## Work required
The answer must consist only of the lines from the line with "Err(AllocError) => return" to the line with "if let Some(chan)", both included, exactly as they stand below.

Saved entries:
┌──

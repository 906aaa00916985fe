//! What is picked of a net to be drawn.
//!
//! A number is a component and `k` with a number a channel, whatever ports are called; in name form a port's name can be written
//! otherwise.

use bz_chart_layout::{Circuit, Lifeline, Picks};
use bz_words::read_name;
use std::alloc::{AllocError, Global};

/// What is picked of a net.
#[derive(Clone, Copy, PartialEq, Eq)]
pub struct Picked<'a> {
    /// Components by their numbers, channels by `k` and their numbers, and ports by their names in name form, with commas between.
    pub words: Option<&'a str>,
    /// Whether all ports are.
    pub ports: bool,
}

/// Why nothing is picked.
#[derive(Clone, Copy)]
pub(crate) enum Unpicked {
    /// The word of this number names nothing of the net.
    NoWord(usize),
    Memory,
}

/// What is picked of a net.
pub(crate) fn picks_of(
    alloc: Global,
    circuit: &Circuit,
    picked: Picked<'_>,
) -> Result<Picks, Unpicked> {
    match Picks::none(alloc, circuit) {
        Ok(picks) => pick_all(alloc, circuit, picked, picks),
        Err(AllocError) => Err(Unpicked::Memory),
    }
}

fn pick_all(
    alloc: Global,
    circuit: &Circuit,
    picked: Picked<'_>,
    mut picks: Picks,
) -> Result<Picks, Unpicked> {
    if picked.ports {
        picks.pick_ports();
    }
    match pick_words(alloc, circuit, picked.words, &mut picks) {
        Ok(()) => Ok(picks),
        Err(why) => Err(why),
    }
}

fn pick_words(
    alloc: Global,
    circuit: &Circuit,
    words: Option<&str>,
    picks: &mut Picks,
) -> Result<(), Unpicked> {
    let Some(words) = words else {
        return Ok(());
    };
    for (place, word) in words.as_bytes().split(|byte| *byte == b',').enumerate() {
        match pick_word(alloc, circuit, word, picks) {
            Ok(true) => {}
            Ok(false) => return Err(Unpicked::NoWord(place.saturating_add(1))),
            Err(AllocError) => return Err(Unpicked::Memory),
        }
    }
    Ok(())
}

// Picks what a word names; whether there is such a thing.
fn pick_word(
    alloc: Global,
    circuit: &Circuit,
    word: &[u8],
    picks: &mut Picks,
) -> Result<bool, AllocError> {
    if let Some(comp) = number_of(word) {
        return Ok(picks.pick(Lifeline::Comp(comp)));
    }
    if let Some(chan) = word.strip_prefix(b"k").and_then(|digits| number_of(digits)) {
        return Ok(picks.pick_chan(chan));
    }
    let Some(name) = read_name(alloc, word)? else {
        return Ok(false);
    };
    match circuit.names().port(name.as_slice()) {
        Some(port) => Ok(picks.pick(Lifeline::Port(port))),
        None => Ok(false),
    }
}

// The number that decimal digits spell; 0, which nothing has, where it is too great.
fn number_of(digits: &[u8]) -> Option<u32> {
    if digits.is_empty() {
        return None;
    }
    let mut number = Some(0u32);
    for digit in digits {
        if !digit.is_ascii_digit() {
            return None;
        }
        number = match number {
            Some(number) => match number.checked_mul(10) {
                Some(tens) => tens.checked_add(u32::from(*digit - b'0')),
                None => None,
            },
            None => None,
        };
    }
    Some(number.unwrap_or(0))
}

└──
┌──

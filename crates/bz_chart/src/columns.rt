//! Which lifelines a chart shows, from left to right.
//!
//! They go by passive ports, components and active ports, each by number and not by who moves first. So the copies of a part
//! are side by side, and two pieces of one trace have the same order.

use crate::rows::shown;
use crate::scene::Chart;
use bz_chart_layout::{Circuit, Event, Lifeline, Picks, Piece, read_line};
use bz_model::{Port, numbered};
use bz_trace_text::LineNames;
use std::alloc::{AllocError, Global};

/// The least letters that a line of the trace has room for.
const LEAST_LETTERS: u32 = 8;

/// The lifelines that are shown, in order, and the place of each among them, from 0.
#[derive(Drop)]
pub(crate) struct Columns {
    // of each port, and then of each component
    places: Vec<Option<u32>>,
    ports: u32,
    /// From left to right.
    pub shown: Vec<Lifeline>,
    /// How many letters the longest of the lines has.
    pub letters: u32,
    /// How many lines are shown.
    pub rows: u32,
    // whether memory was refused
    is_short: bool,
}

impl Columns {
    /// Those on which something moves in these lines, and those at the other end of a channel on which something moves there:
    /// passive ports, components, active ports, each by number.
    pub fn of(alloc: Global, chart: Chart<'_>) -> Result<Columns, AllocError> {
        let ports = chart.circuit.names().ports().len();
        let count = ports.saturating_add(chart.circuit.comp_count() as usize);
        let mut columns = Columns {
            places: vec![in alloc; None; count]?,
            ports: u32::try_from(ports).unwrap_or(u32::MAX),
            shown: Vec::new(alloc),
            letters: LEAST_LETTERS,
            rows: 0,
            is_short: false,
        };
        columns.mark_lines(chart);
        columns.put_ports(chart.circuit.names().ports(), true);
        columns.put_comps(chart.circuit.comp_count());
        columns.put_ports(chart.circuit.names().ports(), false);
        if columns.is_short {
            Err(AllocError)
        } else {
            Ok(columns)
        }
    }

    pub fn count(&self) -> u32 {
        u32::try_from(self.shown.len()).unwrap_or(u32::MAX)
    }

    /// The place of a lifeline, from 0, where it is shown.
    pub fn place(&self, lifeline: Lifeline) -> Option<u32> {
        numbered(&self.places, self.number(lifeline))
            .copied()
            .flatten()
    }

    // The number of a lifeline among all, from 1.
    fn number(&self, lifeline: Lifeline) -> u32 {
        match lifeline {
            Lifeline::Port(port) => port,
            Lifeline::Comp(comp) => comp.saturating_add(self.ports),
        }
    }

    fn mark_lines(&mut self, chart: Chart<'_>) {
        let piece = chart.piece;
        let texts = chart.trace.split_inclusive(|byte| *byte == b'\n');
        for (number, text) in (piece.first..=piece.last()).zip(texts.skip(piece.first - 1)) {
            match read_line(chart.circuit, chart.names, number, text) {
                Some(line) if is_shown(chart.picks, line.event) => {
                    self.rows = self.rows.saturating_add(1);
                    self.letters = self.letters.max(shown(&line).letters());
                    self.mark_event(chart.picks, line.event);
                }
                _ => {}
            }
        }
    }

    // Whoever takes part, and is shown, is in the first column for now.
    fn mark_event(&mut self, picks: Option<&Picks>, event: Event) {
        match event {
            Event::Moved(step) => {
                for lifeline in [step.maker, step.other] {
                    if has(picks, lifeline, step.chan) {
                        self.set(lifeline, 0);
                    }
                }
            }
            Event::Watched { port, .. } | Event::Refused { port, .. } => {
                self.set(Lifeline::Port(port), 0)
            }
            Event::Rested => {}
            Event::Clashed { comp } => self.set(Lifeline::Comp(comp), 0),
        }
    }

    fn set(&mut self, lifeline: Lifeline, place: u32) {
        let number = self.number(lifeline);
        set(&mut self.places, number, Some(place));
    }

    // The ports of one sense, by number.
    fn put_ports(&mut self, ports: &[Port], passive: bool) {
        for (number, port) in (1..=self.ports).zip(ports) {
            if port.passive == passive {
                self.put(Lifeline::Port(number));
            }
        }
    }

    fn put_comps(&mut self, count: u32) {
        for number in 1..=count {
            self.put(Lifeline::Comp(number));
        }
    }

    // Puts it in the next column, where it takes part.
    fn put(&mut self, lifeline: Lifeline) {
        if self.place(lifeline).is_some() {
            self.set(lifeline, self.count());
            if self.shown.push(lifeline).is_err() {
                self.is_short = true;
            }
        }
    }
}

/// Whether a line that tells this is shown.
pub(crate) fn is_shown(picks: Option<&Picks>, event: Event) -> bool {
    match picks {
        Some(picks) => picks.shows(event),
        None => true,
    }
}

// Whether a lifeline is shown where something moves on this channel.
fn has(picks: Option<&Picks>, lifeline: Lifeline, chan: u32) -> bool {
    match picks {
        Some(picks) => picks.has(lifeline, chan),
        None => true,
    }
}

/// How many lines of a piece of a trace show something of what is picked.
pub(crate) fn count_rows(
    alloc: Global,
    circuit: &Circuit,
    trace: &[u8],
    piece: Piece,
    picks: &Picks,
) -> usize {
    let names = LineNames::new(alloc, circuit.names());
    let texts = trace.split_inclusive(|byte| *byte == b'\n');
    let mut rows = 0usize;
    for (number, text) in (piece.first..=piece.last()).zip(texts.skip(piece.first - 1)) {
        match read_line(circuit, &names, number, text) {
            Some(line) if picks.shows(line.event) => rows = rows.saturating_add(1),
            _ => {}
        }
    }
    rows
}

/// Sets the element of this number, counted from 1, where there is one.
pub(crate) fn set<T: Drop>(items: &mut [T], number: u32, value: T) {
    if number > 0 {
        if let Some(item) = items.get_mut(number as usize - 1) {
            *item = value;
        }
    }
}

└──
┌──

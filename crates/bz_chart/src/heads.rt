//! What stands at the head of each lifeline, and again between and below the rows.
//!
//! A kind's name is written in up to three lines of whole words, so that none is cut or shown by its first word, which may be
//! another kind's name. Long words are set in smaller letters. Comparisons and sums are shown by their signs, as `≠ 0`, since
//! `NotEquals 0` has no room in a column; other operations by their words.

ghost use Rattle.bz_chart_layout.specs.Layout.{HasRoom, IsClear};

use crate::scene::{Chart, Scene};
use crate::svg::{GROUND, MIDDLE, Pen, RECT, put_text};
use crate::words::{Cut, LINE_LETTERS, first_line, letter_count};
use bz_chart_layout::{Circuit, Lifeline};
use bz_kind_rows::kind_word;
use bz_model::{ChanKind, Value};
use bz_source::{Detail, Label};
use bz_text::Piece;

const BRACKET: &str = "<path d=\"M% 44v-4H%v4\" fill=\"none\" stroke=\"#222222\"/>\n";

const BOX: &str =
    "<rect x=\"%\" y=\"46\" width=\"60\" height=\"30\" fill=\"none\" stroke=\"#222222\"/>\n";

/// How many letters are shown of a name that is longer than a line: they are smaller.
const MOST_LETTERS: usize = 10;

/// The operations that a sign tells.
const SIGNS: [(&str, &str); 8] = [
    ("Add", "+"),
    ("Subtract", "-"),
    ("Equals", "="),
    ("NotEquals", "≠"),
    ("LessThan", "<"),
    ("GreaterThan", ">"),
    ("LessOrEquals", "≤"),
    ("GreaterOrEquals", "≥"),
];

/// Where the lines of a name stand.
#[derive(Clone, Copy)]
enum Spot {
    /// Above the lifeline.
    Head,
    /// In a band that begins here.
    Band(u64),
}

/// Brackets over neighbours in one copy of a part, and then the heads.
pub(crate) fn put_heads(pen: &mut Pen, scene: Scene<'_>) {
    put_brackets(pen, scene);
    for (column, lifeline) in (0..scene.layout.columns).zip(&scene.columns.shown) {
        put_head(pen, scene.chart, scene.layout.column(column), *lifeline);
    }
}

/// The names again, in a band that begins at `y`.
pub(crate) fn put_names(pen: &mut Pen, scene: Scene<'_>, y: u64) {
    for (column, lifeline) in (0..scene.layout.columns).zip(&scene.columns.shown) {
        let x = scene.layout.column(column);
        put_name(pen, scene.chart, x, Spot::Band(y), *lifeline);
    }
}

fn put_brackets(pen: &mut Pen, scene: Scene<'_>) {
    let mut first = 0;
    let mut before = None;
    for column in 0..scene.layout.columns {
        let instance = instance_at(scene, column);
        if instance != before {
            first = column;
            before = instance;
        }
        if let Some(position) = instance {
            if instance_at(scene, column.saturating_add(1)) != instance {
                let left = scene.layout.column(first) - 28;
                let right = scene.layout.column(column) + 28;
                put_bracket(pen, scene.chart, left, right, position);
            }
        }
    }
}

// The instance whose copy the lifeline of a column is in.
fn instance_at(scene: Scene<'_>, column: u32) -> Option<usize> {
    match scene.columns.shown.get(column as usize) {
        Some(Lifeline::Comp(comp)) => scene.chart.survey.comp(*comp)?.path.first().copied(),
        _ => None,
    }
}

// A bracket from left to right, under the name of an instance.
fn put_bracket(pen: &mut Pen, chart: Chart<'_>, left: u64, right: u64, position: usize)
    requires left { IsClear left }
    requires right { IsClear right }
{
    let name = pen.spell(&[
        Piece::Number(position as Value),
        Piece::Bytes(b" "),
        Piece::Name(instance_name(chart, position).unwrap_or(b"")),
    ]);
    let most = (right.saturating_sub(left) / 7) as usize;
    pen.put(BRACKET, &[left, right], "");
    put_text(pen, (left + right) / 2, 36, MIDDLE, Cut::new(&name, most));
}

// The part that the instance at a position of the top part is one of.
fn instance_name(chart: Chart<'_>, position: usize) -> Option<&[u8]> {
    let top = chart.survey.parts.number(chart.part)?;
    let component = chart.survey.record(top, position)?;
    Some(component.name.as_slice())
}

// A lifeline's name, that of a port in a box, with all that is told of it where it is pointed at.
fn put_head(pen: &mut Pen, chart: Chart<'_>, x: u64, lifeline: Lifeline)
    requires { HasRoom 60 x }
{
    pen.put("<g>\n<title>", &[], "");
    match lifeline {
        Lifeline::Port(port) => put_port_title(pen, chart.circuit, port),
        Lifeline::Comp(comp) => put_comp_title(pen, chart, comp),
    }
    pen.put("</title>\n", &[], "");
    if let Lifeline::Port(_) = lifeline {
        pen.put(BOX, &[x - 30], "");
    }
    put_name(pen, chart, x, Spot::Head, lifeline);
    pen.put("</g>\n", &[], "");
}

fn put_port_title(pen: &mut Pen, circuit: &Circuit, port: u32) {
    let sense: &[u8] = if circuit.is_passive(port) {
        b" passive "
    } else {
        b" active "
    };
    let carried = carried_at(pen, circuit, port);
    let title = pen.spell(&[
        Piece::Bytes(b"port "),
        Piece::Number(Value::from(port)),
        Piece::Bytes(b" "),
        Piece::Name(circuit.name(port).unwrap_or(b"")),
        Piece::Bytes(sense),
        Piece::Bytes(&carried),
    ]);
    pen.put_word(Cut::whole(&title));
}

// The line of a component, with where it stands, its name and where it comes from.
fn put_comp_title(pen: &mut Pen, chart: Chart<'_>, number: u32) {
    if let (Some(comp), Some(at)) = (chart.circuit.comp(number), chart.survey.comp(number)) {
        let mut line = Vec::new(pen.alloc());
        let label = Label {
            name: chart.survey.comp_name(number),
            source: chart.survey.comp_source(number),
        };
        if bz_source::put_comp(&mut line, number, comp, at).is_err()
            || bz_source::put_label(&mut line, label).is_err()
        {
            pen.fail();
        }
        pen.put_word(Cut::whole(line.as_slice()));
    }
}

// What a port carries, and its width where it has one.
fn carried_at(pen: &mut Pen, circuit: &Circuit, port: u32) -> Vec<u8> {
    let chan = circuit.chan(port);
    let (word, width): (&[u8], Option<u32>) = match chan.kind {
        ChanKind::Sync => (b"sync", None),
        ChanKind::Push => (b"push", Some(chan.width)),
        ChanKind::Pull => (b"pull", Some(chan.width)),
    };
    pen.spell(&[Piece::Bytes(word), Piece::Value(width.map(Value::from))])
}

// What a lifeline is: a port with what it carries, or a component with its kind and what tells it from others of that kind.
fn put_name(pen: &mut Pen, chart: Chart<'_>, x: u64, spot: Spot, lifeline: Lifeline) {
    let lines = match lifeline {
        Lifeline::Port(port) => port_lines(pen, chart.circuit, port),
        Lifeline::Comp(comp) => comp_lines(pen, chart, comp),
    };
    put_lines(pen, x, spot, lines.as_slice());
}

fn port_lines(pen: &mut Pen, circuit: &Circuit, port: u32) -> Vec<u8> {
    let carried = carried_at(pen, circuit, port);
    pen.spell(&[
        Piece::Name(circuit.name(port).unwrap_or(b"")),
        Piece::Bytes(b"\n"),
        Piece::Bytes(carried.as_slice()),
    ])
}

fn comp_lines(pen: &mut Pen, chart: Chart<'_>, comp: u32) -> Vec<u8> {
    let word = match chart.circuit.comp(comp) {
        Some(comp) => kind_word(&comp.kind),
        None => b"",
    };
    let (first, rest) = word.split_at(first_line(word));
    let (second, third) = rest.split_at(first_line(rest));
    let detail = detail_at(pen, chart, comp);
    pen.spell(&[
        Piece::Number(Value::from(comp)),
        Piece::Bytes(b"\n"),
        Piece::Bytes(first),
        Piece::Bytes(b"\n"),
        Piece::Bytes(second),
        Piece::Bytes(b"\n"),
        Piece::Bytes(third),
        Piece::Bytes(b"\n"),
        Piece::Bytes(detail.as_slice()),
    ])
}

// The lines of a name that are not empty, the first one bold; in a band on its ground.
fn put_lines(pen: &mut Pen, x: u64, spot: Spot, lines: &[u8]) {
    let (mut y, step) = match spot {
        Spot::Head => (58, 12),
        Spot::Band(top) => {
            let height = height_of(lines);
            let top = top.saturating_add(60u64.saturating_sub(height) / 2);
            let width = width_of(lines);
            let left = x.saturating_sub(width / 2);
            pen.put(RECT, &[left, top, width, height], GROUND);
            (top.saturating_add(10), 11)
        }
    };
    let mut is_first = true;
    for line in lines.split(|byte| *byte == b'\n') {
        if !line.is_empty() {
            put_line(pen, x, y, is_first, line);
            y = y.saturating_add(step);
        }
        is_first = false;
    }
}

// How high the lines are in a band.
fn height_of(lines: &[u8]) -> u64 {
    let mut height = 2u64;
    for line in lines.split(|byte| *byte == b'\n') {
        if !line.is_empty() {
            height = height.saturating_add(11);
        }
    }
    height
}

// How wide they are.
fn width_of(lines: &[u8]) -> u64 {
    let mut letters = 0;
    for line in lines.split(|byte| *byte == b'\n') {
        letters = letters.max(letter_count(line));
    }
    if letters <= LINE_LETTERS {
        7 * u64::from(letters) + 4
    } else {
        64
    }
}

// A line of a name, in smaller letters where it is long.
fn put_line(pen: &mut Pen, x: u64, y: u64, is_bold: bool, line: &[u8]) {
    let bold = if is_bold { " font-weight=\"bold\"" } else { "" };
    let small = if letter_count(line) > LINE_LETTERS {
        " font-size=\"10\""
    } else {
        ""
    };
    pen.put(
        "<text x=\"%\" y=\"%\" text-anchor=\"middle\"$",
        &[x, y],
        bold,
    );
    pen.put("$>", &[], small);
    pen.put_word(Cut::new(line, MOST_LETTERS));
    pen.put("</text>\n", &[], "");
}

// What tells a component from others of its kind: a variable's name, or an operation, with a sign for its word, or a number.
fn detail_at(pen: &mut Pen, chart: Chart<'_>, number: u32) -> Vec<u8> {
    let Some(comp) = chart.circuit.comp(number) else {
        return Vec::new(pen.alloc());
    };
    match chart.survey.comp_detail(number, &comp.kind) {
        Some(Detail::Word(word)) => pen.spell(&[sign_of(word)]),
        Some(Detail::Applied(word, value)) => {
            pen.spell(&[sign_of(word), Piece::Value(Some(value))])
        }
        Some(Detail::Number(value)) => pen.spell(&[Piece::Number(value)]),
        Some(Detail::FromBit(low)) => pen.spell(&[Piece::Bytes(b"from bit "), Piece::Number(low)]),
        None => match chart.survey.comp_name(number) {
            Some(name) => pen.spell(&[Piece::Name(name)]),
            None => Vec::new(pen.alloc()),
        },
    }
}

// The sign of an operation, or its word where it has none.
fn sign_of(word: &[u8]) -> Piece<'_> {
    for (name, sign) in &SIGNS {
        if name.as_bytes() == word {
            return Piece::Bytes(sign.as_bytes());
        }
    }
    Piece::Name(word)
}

└──

## Result for this exercise
            Err(AllocError) => return Err(Unpicked::Memory),
        }
    }
    Ok(())
}

// Picks what a word names; whether there is such a thing.
fn pick_word(
    alloc: Global,
    circuit: &Circuit,
    word: &[u8],
    picks: &mut Picks,
) -> Result<bool, AllocError> {
    if let Some(comp) = number_of(word) {
        return Ok(picks.pick(Lifeline::Comp(comp)));
    }
    if let Some(chan) = word.strip_prefix(b"k").and_then(|digits| number_of(digits)) {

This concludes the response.